-------- Material provided --------
//! Sinks and meters that got no frames, in words.
ghost use Rattle.std.specs.Prelude.{◌≡◌, ◌++◌, map, string_bytes, OnOk};
ghost use Rattle.fault_messages.specs.EmptySinks.{no_cycles, is_run, may_cause, empty_cause};
ghost use Rattle.fault_messages.specs.EmptySinks.{empty_sink, still_meter, empty_note, is_still, still_note};

use crate::inactive_nodes::{drain_part, is_ever_active, put_inactive, put_run_cause};
use crate::note_heads::put_note_head;
use crate::places::word_at;
use crate::putting::{put_behind, put_two_quoted};
use crate::script_lines::may_have_cycles;
use graph_script::Script;
use pw_graph::Plan;
use pw_lists::{Memory, Text};

#[tactic(auto, unfolding(crate::specs::EmptySinks::no_cycles))]
fn no_cycles() -> &'static [u8]
    ensures { result.now ≡ no_cycles }
{
    b": the script has no cycles line and no drain line"
}

// Whether the command is `run`.
fn is_run(words: &[String]) -> bool
    ensures { result ≡ is_run (map string_bytes words.now) }
{
    word_at(words, 0) == b"run".as_slice()
}

// Why a node has no frames, where there may be cycles.
fn put_may_cause(
    text: &mut Text,
    words: &[String],
    script: &Script,
    plan: &Plan,
    node: u32,
) -> Result<(), Memory>
    ensures { OnOk result (text.new ≡ text.old
        ++ may_cause (map string_bytes words.now) script.now plan.now node) }
{
    let lines = script.lines.as_slice();
    if is_run(words) {
        let (names, links) = (script.names.as_slice(), plan.lines.as_slice());
        put_run_cause(text, names, lines, links, node, plan.epochs.as_slice())
    } else {
        put_inactive(text, drain_part(lines))
    }
}

// Why a node has no frames.
fn put_empty_cause(
    text: &mut Text,
    words: &[String],
    script: &Script,
    plan: &Plan,
    node: u32,
) -> Result<(), Memory>
    ensures { OnOk result (text.new ≡ text.old
        ++ empty_cause (map string_bytes words.now) script.now plan.now node) }
{
    if may_have_cycles(script.lines.as_slice()) {
        put_may_cause(text, words, script, plan, node)
    } else {
        text.extend(no_cycles())
    }
}

#[tactic(auto, unfolding(crate::specs::EmptySinks::empty_sink))]
fn put_empty_sink(text: &mut Text, name: &[u8], file: &[u8]) -> Result<(), Memory>
    ensures { OnOk result (text.new ≡ text.old ++ empty_sink name.now file.now) }
{
    put_two_quoted(
        text,
        name,
        b" has no frames, so what it writes to ",
        file,
        b" is an empty WAV file",
    )
}

#[tactic(auto, unfolding(crate::specs::EmptySinks::still_meter))]
fn put_still_meter(text: &mut Text, name: &[u8]) -> Result<(), Memory>
    ensures { OnOk result (text.new ≡ text.old ++ still_meter name.now) }
{
    put_behind(text, name, b" got no frames, so its peak is 0")
}

/// The note on a sink that stored no frames, by its samples.
pub fn put_empty_note(
    text: &mut Text,
    words: &[String],
    script: &Script,
    plan: &Plan,
    samples: &[i16],
    number: u32,
    node: u32,
    name: &[u8],
    file: &[u8],
) -> Result<(), Memory>
    ensures { OnOk result (text.new ≡ text.old
        ++ empty_note (map string_bytes words.now) script.now plan.now samples.now number node
        name.now file.now) }
{
    if !samples.is_empty() {
        return Ok(());
    }
    put_note_head(text, words, number)?;
    put_empty_sink(text, name, file)?;
    put_empty_cause(text, words, script, plan, node)?;
    text.extend(b"\n")
}

// Whether a meter certainly got no frames.
fn is_still(words: &[String], script: &Script, plan: &Plan, node: u32) -> bool
    ensures { result ≡ is_still (map string_bytes words.now) script.now plan.now node }
{
    if may_have_cycles(script.lines.as_slice()) {
        is_run(words) && !is_ever_active(plan.epochs.as_slice(), node)
    } else {
        true
    }
}

/// The note on a meter with this peak, where it certainly got no frames.
pub fn put_still_note(
    text: &mut Text,
    words: &[String],
    script: &Script,
    plan: &Plan,
    peak: u32,
    number: u32,
    node: u32,
    name: &[u8],
) -> Result<(), Memory>
    ensures { OnOk result (text.new ≡ text.old
        ++ still_note (map string_bytes words.now) script.now plan.now peak number node
        name.now) }
{
    if peak != 0 || !is_still(words, script, plan, node) {
        return Ok(());
    }
    put_note_head(text, words, number)?;
    put_still_meter(text, name)?;
    put_empty_cause(text, words, script, plan, node)?;
    text.extend(b"\n")
}
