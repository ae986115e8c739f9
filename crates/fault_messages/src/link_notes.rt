//! Why links were not made, in words.
ghost use Rattle.std.specs.Prelude.{◌≡◌, ◌++◌, map, string_bytes, OnOk};
ghost use Rattle.fault_messages.specs.LinkNotes.{loop_said, key_cause, is_refused, cause_said, ends_head, refused_said, link_note, link_notes};
ghost use Rattle.fault_messages.specs.working.LinkSteps.{first_note, link_part, links_after, links_behind};

use crate::key_names::put_clash;
use crate::link_ends::put_two_ends;
use crate::note_heads::put_note_head;
use crate::refused_sides::put_sides;
use crate::script_lines::has_ends;
use graph_script::Line;
use pw_graph::{LineOutcome, LinkLine, PlanNode};
use pw_lists::{Memory, Text};
use refused_links::RefusedLink;

// Of a loop.
fn loop_said(link: LinkLine) -> &'static [u8]
    ensures { result.now ≡ loop_said link }
{
    if link.from.node == link.to.node {
        b"a node is not linked to itself"
    } else {
        b"it would close a loop, which only a link of an async node may"
    }
}

// A key under which the formats have nothing in common.
fn put_key_cause(
    text: &mut Text,
    nodes: &[PlanNode],
    refused: &[RefusedLink],
    number: u32,
    link: LinkLine,
    key: u32,
) -> Result<(), Memory>
    ensures { OnOk result (text.new ≡ text.old
        ++ key_cause nodes.now refused.now number link key) }
{
    put_clash(text, key)?;
    put_sides(text, nodes, refused, number, link, key)
}

// Whether the link of a line is not made.
fn is_refused(outcome: LineOutcome) -> bool
    ensures { result ≡ is_refused outcome }
{
    match outcome {
        LineOutcome::Linked { .. } | LineOutcome::Gone | LineOutcome::NotThere => false,
        LineOutcome::NoFormat { .. }
        | LineOutcome::NoBuffers
        | LineOutcome::Looped
        | LineOutcome::Twice => true,
    }
}

// The cause of a link that is not made; nothing of another line.
fn put_cause(
    text: &mut Text,
    nodes: &[PlanNode],
    refused: &[RefusedLink],
    number: u32,
    link: LinkLine,
) -> Result<(), Memory>
    ensures { OnOk result (text.new ≡ text.old
        ++ cause_said nodes.now refused.now number link link.outcome) }
{
    match link.outcome {
        LineOutcome::NoFormat { key } => put_key_cause(text, nodes, refused, number, link, key),
        LineOutcome::NoBuffers => text.extend(b"no number of buffers suits both ports"),
        LineOutcome::Looped => text.extend(loop_said(link)),
        LineOutcome::Twice => text.extend(b"it is there already"),
        LineOutcome::Linked { .. } | LineOutcome::Gone | LineOutcome::NotThere => Ok(()),
    }
}

#[tactic(auto, unfolding(crate::specs::LinkNotes::ends_head))]
fn put_ends_head(text: &mut Text, nodes: &[PlanNode], link: LinkLine) -> Result<(), Memory>
    ensures { OnOk result (text.new ≡ text.old ++ ends_head nodes.now link) }
{
    put_two_ends(text, nodes, link.from, b" to ", link.to, b" is no link: ")
}

// The note on a line of the script, by what it did.
fn put_link_note(
    text: &mut Text,
    words: &[String],
    nodes: &[PlanNode],
    refused: &[RefusedLink],
    number: u32,
    link: LinkLine,
) -> Result<(), Memory>
    ensures { OnOk result (text.new ≡ text.old
        ++ link_note (map string_bytes words.now) nodes.now refused.now number link) }
{
    if !is_refused(link.outcome) {
        return Ok(());
    }
    put_note_head(text, words, number)?;
    put_ends_head(text, nodes, link)?;
    put_cause(text, nodes, refused, number, link)?;
    text.extend(b"\n")
}

// The note on a line of the script, where it has two ends, by the first of what is left.
fn put_link_part(
    text: &mut Text,
    words: &[String],
    nodes: &[PlanNode],
    refused: &[RefusedLink],
    line: &Line,
    links: &[LinkLine],
) -> Result<(), Memory>
    ensures { OnOk result (text.new ≡ text.old
        ++ link_part (map string_bytes words.now) nodes.now refused.now line.now links.now) }
{
    if !has_ends(&line.command) {
        return Ok(());
    }
    match links {
        [] => Ok(()),
        [link, ..] => put_link_note(text, words, nodes, refused, line.line, *link),
    }
}

// What is left after this line.
fn links_behind<'a>(line: &Line, links: &'a [LinkLine]) -> &'a [LinkLine]
    ensures { result.now ≡ links_behind line.now links.now }
{
    if !has_ends(&line.command) {
        return links;
    }
    match links {
        [] => links,
        [_, rest @ ..] => rest,
    }
}

/// Why links of a script were not made, a note for each, by the plan's nodes, by the lines of the
/// script, by what those with two ends did, in their order, and by what both sides of those that
/// found no format admit.
pub fn put_link_notes(
    text: &mut Text,
    words: &[String],
    nodes: &[PlanNode],
    refused: &[RefusedLink],
    lines: &[Line],
    links: &[LinkLine],
) -> Result<(), Memory>
    ensures { OnOk result (text.new ≡ text.old
        ++ link_notes (map string_bytes words.now) nodes.now refused.now lines.now links.now) }
{
    let mut left = links;
    for line in lines {
        put_link_part(text, words, nodes, refused, line, left)?;
        left = links_behind(line, left);
    }
    Ok(())
}
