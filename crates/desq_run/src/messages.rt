//! The status of a run and its message on the error output.

ghost use Rattle.std.specs.Prelude.{◌≡◌, ℕ, ◌+◌, ◌≤◌, ◌<◌, ◌++◌, List, [], Some, IfSome, length, codes, decimal};
ghost use Rattle.arrayvec.specs.ArrayString.{array_string_len};
ghost use Rattle.text_ports.specs.Faults.{Rose};
ghost use Rattle.mine_model.specs.Status.{fault_status, status_of, file_text, at_column, at_line, at_place, fault_text, work_text, message_of};
ghost use Rattle.desq_run.specs.Reported.{IsReported};

use arrayvec::ArrayString;
use itoa::Buffer;
use mine_model::{Fault, Which, Work};
use text_ports::{Sink, write_all};

/// The most bytes of a message.
const MOST_BYTES: usize = 160;

/// A message while it is made. It takes no memory.
type Text = ArrayString<MOST_BYTES>;

/// The status of a run that ended so.
pub(crate) fn status(outcome: &Result<Option<Work>, Fault>) -> u8
    ensures { result ≡ status_of outcome.now }
{
    match outcome {
        Ok(_) => 0,
        Err(fault) => status_of_fault(fault),
    }
}

fn status_of_fault(fault: &Fault) -> u8
    ensures { result ≡ fault_status fault.now }
{
    match fault {
        Fault::Usage => 2,
        Fault::BadToken { .. }
        | Fault::BadRepeat { .. }
        | Fault::Unexpected { .. }
        | Fault::Unknown { .. }
        | Fault::BadByte { .. }
        | Fault::BadWeight { .. }
        | Fault::Cycle { .. }
        | Fault::BadRow { .. }
        | Fault::BadProof { .. } => 3,
        Fault::ExprTooLong
        | Fault::RepeatLimit { .. }
        | Fault::TooDeep { .. }
        | Fault::TooManyLeaves { .. }
        | Fault::TooLarge { .. }
        | Fault::NameTooLong { .. }
        | Fault::TooManyItems { .. }
        | Fault::TooManyAncestors
        | Fault::TooManySequences { .. }
        | Fault::SequenceTooLong { .. } => 4,
        Fault::Read { .. } => 5,
        Fault::Write => 6,
        Fault::NoMemory => 7,
    }
}

/// Appends a number in decimal: at most 20 bytes.
fn push_number(text: &mut Text, number: u64)
    requires { array_string_len text.old + 20 ≤ 160 }
    ensures bytes { text.new.bytes ≡ text.old.bytes ++ decimal number }
    ensures len { array_string_len text.new ≤ array_string_len text.old + 20 }
{
    let mut digits = Buffer::new();
    text.push_str(digits.format(number));
}

/// Appends the name of a file: at most 25 bytes.
fn push_name(text: &mut Text, file: Which)
    requires { array_string_len text.old ≤ 6 }
    ensures bytes { text.new.bytes ≡ text.old.bytes ++ file_text file }
    ensures len { array_string_len text.new ≤ array_string_len text.old + 25 }
{
    match file {
        Which::Hierarchy => text.push_str("hierarchy"),
        Which::Sequences => text.push_str("sequences"),
        Which::Merged(number) => {
            text.push_str("file ");
            push_number(text, u64::from(number));
        }
        Which::Proof => text.push_str("proof"),
    }
}

fn push_file(text: &mut Text, file: Which, what: &str)
    requires room { array_string_len text.old ≤ 6 }
    requires short { length what.now ≤ 40 }
    ensures text { text.new.bytes ≡ text.old.bytes ++ (file_text file ++ what.now) }
    ensures room { array_string_len text.new < 160 }
{
    push_name(text, file);
    text.push_str(what);
}

fn push_at_column(text: &mut Text, column: u32, what: &str)
    requires room { array_string_len text.old ≤ 6 }
    requires short { length what.now ≤ 40 }
    ensures text { text.new.bytes ≡ text.old.bytes ++ at_column column what.now }
    ensures room { array_string_len text.new < 160 }
{
    text.push_str("expression: column ");
    push_number(text, u64::from(column));
    text.push_str(what);
}

fn push_at_line(text: &mut Text, file: Which, line: u64, what: &str)
    requires room { array_string_len text.old ≤ 6 }
    requires short { length what.now ≤ 60 }
    ensures text { text.new.bytes ≡ text.old.bytes ++ at_line file line what.now }
    ensures room { array_string_len text.new < 160 }
{
    push_name(text, file);
    text.push_str(": line ");
    push_number(text, line);
    text.push_str(what);
}

fn push_at_place(text: &mut Text, file: Which, line: u64, column: u64, what: &str)
    requires room { array_string_len text.old ≤ 6 }
    requires short { length what.now ≤ 40 }
    ensures text { text.new.bytes ≡ text.old.bytes ++ at_place file line column what.now }
    ensures room { array_string_len text.new < 160 }
{
    push_name(text, file);
    text.push_str(": line ");
    push_number(text, line);
    text.push_str(" column ");
    push_number(text, column);
    text.push_str(what);
}

/// Appends the text of a fault.
fn push_fault(text: &mut Text, fault: &Fault)
    requires { array_string_len text.old ≤ 6 }
    ensures text { text.new.bytes ≡ text.old.bytes ++ fault_text fault.now }
    ensures room { array_string_len text.new < 160 }
{
    match *fault {
        Fault::Usage => text.push_str("usage: desq --support N [options] EXPR [FILE]"),
        Fault::BadToken { column } => push_at_column(text, column, ": bad token"),
        Fault::BadRepeat { column } => push_at_column(text, column, ": bad repeat"),
        Fault::Unexpected { column } => push_at_column(text, column, ": unexpected"),
        Fault::Unknown { column } => push_at_column(text, column, ": unknown name"),
        Fault::BadByte { file, line, column } => {
            push_at_place(text, file, line, column, ": bad byte")
        }
        Fault::BadWeight { line, column } => {
            push_at_place(text, Which::Sequences, line, column, ": bad weight")
        }
        Fault::Cycle { line } => push_at_line(text, Which::Hierarchy, line, ": cycle"),
        Fault::BadRow { file, line } => push_at_line(text, file, line, ": bad row"),
        Fault::BadProof { line } => push_at_line(text, Which::Proof, line, ": refused"),
        Fault::ExprTooLong => text.push_str("expression: more than 4096 bytes"),
        Fault::RepeatLimit { column } => push_at_column(text, column, ": repeat over 1024"),
        Fault::TooDeep { column } => push_at_column(text, column, ": nested over 128"),
        Fault::TooManyLeaves { count } => {
            text.push_str("expression: ");
            push_number(text, u64::from(count));
            text.push_str(" leaves, over 1024");
        }
        Fault::TooLarge { file } => push_file(text, file, ": more than 67108864 bytes"),
        Fault::NameTooLong { file, line, column } => {
            push_at_place(text, file, line, column, ": name over 255 bytes")
        }
        Fault::TooManyItems { file, line } => {
            push_at_line(text, file, line, ": more than 1048576 items")
        }
        Fault::TooManyAncestors => text.push_str("hierarchy: more than 33554432 ancestors"),
        Fault::TooManySequences { line } => {
            push_at_line(
                text,
                Which::Sequences,
                line,
                ": more than 4194304 sequences",
            )
        }
        Fault::SequenceTooLong { line } => {
            push_at_line(
                text,
                Which::Sequences,
                line,
                ": more than 65535 items in a sequence",
            )
        }
        Fault::Read { file } => push_file(text, file, ": read fault"),
        Fault::Write => text.push_str("write fault"),
        Fault::NoMemory => text.push_str("out of memory"),
    }
}

/// Appends the text of the work of a run.
fn push_work(text: &mut Text, work: &Work)
    requires { array_string_len text.old ≤ 6 }
    ensures text { text.new.bytes ≡ text.old.bytes ++ work_text work.now }
    ensures room { array_string_len text.new < 160 }
{
    text.push_str("nodes ");
    push_number(text, work.nodes);
    text.push_str(" parts ");
    push_number(text, work.parts);
    text.push_str(" candidates ");
    push_number(text, work.candidates);
}

/// The message of an outcome, with its line feed; nothing after a run that is done and tells no work.
fn message(outcome: &Result<Option<Work>, Fault>) -> Text
    ensures { result.bytes ≡ message_of outcome.now }
{
    let mut text = Text::new();
    match outcome {
        Ok(None) => return text,
        Ok(Some(work)) => {
            text.push_str("desq: ");
            push_work(&mut text, work);
        }
        Err(fault) => {
            text.push_str("desq: ");
            push_fault(&mut text, fault);
        }
    }
    text.push_str("\n");
    text
}

/// Writes the message of an outcome. A fault of the sink leaves its first bytes, and is told to nobody.
pub(crate) fn report<E: Sink>(err: &mut E, outcome: &Result<Option<Work>, Fault>)
    ensures reported { IsReported (E.written err.old) (E.written err.new)
        (Rose (E.faults err.old) (E.faults err.new))
        (message_of outcome.now) }
    ensures never_falls { E.faults err.old ≤ E.faults err.new }
{
    let text = message(outcome);
    let _ = write_all(err, text.as_str().as_bytes());
}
--------
• _What this task involves_
Every line of the listing that includes the word "made" forms the answer.

• _Result_
//! Why links were not made, in words.
// Whether the link of a line is not made.
// The cause of a link that is not made; nothing of another line.
/// Why links of a script were not made, a note for each, by the plan's nodes, by the lines of the
/// A message while it is made. It takes no memory.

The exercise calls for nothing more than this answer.